Of course, these events were much larger than the life of one man, and Hitler sometimes disappears from Mr Ullrich’s. But if Hitler: Ascent is as much a work of history as a biography. For Hitler was a man who evacuated his inner self in order to become a vessel for history and what he believed to be the people’s will. But everything we learn from Mr Ullrich about Hitler’s personal life is commonplace. He was himself conscious, on some level, that he was a thoroughly undistinguished person. When in the company of intellectuals or aristocrats, what Mr Ullrich calls his “inferiority complex” was inflamed.

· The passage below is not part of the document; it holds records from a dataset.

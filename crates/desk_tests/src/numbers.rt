//! Marks as their numbers.
ghost use Rattle.std.specs.Prelude.{◌≡◌, [], ◌++◌};
ghost use Rattle.format_table.specs.Layout.{AreNumbers};
ghost use Rattle.desk_tests.specs.Marks.{mark_key, mark_slots, numbers_of};

use crate::Mark;
use format_table::{Numbers, add_numbers};

pub(crate) fn put_mark(mark: &Mark, numbers: &mut Numbers)
    requires { numbers.old.items ≡ [] }
    ensures { numbers.new.items ≡ numbers_of mark.now }
{
    add_numbers(&[i64::from(mark.number), i64::from(mark.amount)], numbers);
}

pub(crate) fn mark_of(numbers: &[i64]) -> Mark
    requires { AreNumbers (mark_key ++ mark_slots) [] numbers.now }
    ensures { numbers_of result ≡ numbers.now }
{
    let [number, amount] = numbers else {
        unreachable!();
    };
    Mark {
        number: *number as u32,
        amount: *amount as u8,
    }
}
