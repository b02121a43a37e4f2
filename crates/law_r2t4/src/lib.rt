//! The worksheet of a withdrawal: what a school and a student return of Title IV funds (HEA 484B; 34 CFR 668.22).
#![tactic(auto)]

ghost use Rattle.std.specs.Prelude.{◌≡◌, ℕ, ◌+◌, ◌*◌, ◌≤◌, ◌^◌, sum, slice_index};
ghost use Rattle.aid_types.specs.Ranges.{EachIsCents};
ghost use Rattle.aid_types.specs.Nearest.{half_up};
ghost use Rattle.law_r2t4.specs.Worksheet.{AreInputsInRange, grant_owed, owed_by_program, percent_earned as percent_of, spread as spread_of, worksheet_of};

use aid_types::{ByProgram, Program, nearest_whole};

/// What a worksheet is worked out from: the days of the term that were completed and all its days, without breaks of
/// at least five days; the institutional charges in cents; by program, in the order of returns, the net disbursed in
/// the term and what else could have been, in cents.
#[derive(Clone, Copy, PartialEq, Eq)]
pub struct Inputs {
    pub completed: u32,
    pub total: u32,
    pub charges: u64,
    pub net: ByProgram,
    pub could: ByProgram,
}

/// The lines of a worksheet: the percent earned in tenths of a percent, all else in cents. `returned` is the school's
/// part by program, `laid` the student's part by program and `owed` what of that the student repays; `post` is the
/// post-withdrawal disbursement.
#[derive(Clone, Copy, PartialEq, Eq, Debug)]
pub struct Lines {
    pub percent: u16,
    pub earned: u64,
    pub unearned: u64,
    pub school: u64,
    pub returned: ByProgram,
    pub student: u64,
    pub laid: ByProgram,
    pub owed: ByProgram,
    pub post: u64,
}

/// The worksheet of a withdrawal (34 CFR 668.22): what was earned up to the last day, what the school and the student
/// return of the rest, and what is still to be disbursed. All is earned past 60 percent of the days (668.22(e)(2)).
/// Amounts are below a million dollars, and the last day lies in the term.
pub fn worksheet(i: &Inputs) -> Lines
    requires { AreInputsInRange i.now }
    ensures lines { result ≡ worksheet_of i.now.completed i.now.total i.now.charges i.now.net i.now.could }
    ensures returned { sum result.returned ≡ result.school }
    ensures laid { sum result.laid ≡ result.student }
    ensures within { (p : ℕ) → slice_index result.returned p + slice_index result.laid p ≤ slice_index i.now.net p }
{
    worked_out(i)
}

// Every line.
#[tactic(auto, unfolding(crate::specs::Worksheet::worksheet_of))]
fn worked_out(i: &Inputs) -> Lines
    requires { AreInputsInRange i.now }
    ensures { result ≡ worksheet_of i.now.completed i.now.total i.now.charges i.now.net i.now.could }
{
    let percent = percent_earned(i.completed, i.total);
    let disbursed = i.net.sum();
    let earned = part_of(disbursed + i.could.sum(), percent);
    let unearned = disbursed.saturating_sub(earned);
    let school = unearned.min(part_of(i.charges, 1000 - percent));
    let returned = spread(school, &i.net);
    let student = unearned - school;
    let laid = spread(student, &i.net.minus(&returned));
    Lines {
        percent,
        earned,
        unearned,
        school,
        returned,
        student,
        laid,
        owed: owed(&laid, i),
        post: earned.saturating_sub(disbursed),
    }
}

// The percent of the term that was completed.
#[tactic(auto, unfolding(crate::specs::Worksheet::percent_earned))]
fn percent_earned(completed: u32, total: u32) -> u16
    requires begun { 1 ≤ completed }
    requires inside { completed ≤ total }
    ensures value { result ≡ percent_of completed total }
    ensures at_most { result ≤ 1000 }
{
    let completed = u64::from(completed);
    let total = u64::from(total);
    if 10 * completed > 6 * total {
        1000
    } else {
        nearest_whole(1000 * completed, total) as u16
    }
}

// The part of an amount that tenths of a percent take.
fn part_of(cents: u64, percent: u16) -> u64
    requires amount { cents ≤ 10 ^ 12 }
    requires part { percent ≤ 1000 }
    ensures value { result ≡ half_up (cents * percent) 1000 }
    ensures at_most { result ≤ cents }
{
    nearest_whole(cents * u64::from(percent), 1000)
}

// An amount spread over the programs in their order, each up to its own.
fn spread(left: u64, amounts: &ByProgram) -> ByProgram
    ensures { result ≡ spread_of left amounts.now }
{
    let amounts = amounts.cents();
    let mut parts = [0; 6];
    let mut rest = left;
    for p in 0..6 {
        let part = amounts[p].min(rest);
        parts[p] = part;
        rest -= part;
    }
    ByProgram::new(parts)
}

// What the student repays of each program: of the grants alone.
#[tactic(auto, using(aid_types::proofs::ProgramLemmas::cents_at))]
fn owed(laid: &ByProgram, i: &Inputs) -> ByProgram
    requires { AreInputsInRange i.now }
    ensures { result ≡ owed_by_program laid.now i.now.net i.now.could }
{
    let (net, could) = (i.net, i.could);
    let pell = Program::Pell;
    let fseog = Program::Fseog;
    let teach = Program::Teach;
    ByProgram::new([
        0,
        0,
        0,
        owed_of_grant(laid.at(pell), net.at(pell), could.at(pell)),
        owed_of_grant(laid.at(fseog), net.at(fseog), could.at(fseog)),
        owed_of_grant(laid.at(teach), net.at(teach), could.at(teach)),
    ])
}

// What the student repays of a grant.
fn owed_of_grant(laid: u64, net: u64, could: u64) -> u64
    requires disbursed { net ≤ 99999999 }
    requires not_disbursed { could ≤ 99999999 }
    ensures { result ≡ grant_owed laid (half_up (net + could) 2) }
{
    let above_half = laid.saturating_sub(nearest_whole(net + could, 2));
    if above_half <= 5000 { 0 } else { above_half }
}
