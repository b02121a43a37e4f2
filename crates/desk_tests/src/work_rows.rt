// Rows and rounds of the work-study desk, and the lines that answer them.
use crate::work_runs::{office, ran};
use std::test::Fail;

const ROUND: [&str; 4] = ["round", "101", "2025", "10"];

const STUDENTS: &[u8] = b"1,0,9000,100\n2,5,900,100\n3,9,5000,100\n";

// Three awards of a fund, an earning of the first, a release above what isn't earned, and the same round again.
#[test]
fn worked_rows(rt: HostRuntime) -> Result<(), Fail> {
    let alloc = rt.alloc();
    let awarded = ran(
        &rt,
        alloc,
        office(&rt, alloc)?,
        &ROUND,
        STUDENTS,
        (
            0,
            b"1 1 accepted 2 noted\n2 2 accepted 3 noted\n3 3 accepted 4 noted\nleft 0\n",
        ),
    )?;
    let earned = ran(
        &rt,
        alloc,
        awarded,
        &["file"],
        b"earn,101,20,1,2025,620,1550\nrelease,101,21,1,2025,840\n",
        (
            0,
            b"1 4 accepted 5 earned 160.17 839.83\n2 5 refused 219 84000 83983\n",
        ),
    )?;
    ran(&rt, alloc, earned, &ROUND, STUDENTS, (0, b"left 0\n"))?;
    Ok(())
}

// The lines of rows that are none come before the first award, and a later row of a student is one of them.
#[test]
fn heading_of_a_round(rt: HostRuntime) -> Result<(), Fail> {
    let alloc = rt.alloc();
    ran(
        &rt,
        alloc,
        office(&rt, alloc)?,
        &ROUND,
        b"1,0,9000\n1,x,9000,100\n1,0,9000,101\n1,0,9000,100\n1,1,50,100\n",
        (
            0,
            b"1 error 0 2\n2 error 2 3\n3 error 4 4\n5 error 1 5\n1 1 accepted 2 noted\nleft 1500\n",
        ),
    )?;
    Ok(())
}

// A minute at 20 cents an hour is nothing, an award that was released still stands, and a school without a policy has no round.
#[test]
fn edges(rt: HostRuntime) -> Result<(), Fail> {
    let alloc = rt.alloc();
    let kept = ran(
        &rt,
        alloc,
        office(&rt, alloc)?,
        &["file"],
        b"award,101,2,7,2025,100\nearn,101,3,7,2025,1,20\nrelease,101,4,7,2025,100\naward,101,5,7,2025,100\n",
        (
            0,
            b"1 1 accepted 2 noted\n2 2 refused 217 0 1\n3 2 accepted 3 noted\n4 3 refused 214 2 7\n",
        ),
    )?;
    ran(
        &rt,
        alloc,
        kept,
        &["round", "103", "2025", "10"],
        STUDENTS,
        (2, b"fault usage\n"),
    )?;
    Ok(())
}
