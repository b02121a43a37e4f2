//! Marks.
ghost use Rattle.std.specs.Prelude.{◌≤◌};
ghost use Rattle.aid_types.specs.Ranges.{IsBetween};

/// A mark of one point and of so many more, at most 200, under a number from 1 to 999,999.
#[derive(Clone, Copy, Debug)]
pub struct Mark {
    pub number: u32,
    pub amount: u8,
    pub ghost numbered: { IsBetween 1 999999 number },
    pub ghost in_range: { amount ≤ 200 },
}

/// The points that are left once a mark stands.
#[derive(Clone, Copy, Debug, PartialEq, Eq)]
pub struct Left {
    pub points: u16,
}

Hitler’s mediocrity is all the more noticeable in this book because Mr Ullrich strives not to mythologise his subject, knowing how many myths are already in circulation. There is a tendency, in stories about Hitler, to try to locate the magic key that explains him. Thus, people sometimes say he hated Jews because a Jewish doctor failed to save his mother from cancer, or that he was sexually neurotic because he was missing part of his genitals. Ullrich summarily dismisses both of these legends, noting that Hitler actually had a good relationship with his mother’s doctor, and that records of his medical examinations reveal no physical abnormality.
The strange thing about Hitler is not that he imagined himself as the leading figure in a historic drama — many people have such grandiose fantasies — but that life ended up vindicating him. It might have taken a world war, the Great Depression and other calamities to prepare the way, but in the end Germany decided to see Hitler just as he saw himself; the country matched his psychosis with its own. What is truly frightening, and monitory, in Ullrich’s book is not that a Hitler could exist, but that so many people seemed to be secretly waiting for him.